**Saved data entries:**
::::::::::
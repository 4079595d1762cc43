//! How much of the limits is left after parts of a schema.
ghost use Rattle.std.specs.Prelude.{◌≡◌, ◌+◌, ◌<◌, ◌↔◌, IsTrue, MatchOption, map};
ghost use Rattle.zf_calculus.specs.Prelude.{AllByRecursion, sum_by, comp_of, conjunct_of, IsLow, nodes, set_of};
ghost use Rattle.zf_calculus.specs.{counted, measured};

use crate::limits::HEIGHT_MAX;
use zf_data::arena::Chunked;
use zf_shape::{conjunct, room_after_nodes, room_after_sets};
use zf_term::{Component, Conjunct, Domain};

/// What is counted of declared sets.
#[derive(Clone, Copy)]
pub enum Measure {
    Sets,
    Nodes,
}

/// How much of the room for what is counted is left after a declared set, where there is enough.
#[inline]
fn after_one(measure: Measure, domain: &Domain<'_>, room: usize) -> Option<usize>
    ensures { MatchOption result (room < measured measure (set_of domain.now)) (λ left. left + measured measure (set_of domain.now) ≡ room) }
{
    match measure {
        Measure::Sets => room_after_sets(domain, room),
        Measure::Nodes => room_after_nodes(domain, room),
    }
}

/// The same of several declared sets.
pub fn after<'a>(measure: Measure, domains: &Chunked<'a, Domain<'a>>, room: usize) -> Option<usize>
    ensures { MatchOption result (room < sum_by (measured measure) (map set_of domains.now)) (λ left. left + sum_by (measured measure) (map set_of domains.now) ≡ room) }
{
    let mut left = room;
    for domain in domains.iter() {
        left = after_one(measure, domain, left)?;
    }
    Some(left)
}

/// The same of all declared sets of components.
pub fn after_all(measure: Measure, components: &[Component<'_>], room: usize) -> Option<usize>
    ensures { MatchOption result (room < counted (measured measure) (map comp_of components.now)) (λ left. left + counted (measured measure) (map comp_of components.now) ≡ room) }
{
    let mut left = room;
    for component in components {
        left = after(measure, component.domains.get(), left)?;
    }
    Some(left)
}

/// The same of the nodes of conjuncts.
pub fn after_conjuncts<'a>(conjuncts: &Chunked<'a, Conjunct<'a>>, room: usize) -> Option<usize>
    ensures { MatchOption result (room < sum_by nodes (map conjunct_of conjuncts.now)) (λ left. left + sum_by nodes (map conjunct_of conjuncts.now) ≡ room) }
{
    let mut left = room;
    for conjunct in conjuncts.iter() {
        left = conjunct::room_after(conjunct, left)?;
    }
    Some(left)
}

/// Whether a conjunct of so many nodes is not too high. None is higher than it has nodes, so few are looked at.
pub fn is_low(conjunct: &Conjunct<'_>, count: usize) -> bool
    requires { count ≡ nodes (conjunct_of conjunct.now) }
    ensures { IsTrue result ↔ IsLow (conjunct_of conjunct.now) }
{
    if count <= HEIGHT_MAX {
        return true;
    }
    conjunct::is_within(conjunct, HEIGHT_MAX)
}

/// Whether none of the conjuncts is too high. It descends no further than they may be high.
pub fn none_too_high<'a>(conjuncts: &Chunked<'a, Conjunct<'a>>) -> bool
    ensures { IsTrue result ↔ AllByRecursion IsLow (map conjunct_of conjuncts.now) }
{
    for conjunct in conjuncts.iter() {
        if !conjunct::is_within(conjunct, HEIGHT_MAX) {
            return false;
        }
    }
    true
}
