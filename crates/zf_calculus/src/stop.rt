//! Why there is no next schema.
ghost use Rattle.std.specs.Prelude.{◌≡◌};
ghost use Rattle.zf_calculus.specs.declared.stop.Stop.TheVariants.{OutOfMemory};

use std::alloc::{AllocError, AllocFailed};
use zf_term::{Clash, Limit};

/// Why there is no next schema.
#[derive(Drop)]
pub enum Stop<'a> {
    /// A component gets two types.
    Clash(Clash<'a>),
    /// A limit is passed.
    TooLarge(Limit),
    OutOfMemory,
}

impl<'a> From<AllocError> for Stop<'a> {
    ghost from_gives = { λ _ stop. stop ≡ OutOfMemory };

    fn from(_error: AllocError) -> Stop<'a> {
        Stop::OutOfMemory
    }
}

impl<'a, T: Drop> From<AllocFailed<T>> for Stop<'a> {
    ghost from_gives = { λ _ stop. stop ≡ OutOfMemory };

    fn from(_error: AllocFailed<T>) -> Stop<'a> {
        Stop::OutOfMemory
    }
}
::::::::::
**About this task:**
Please show each line in the records above that contains "next".

**Solution to this task:**
//! Why there is no next schema.
/// Why there is no next schema.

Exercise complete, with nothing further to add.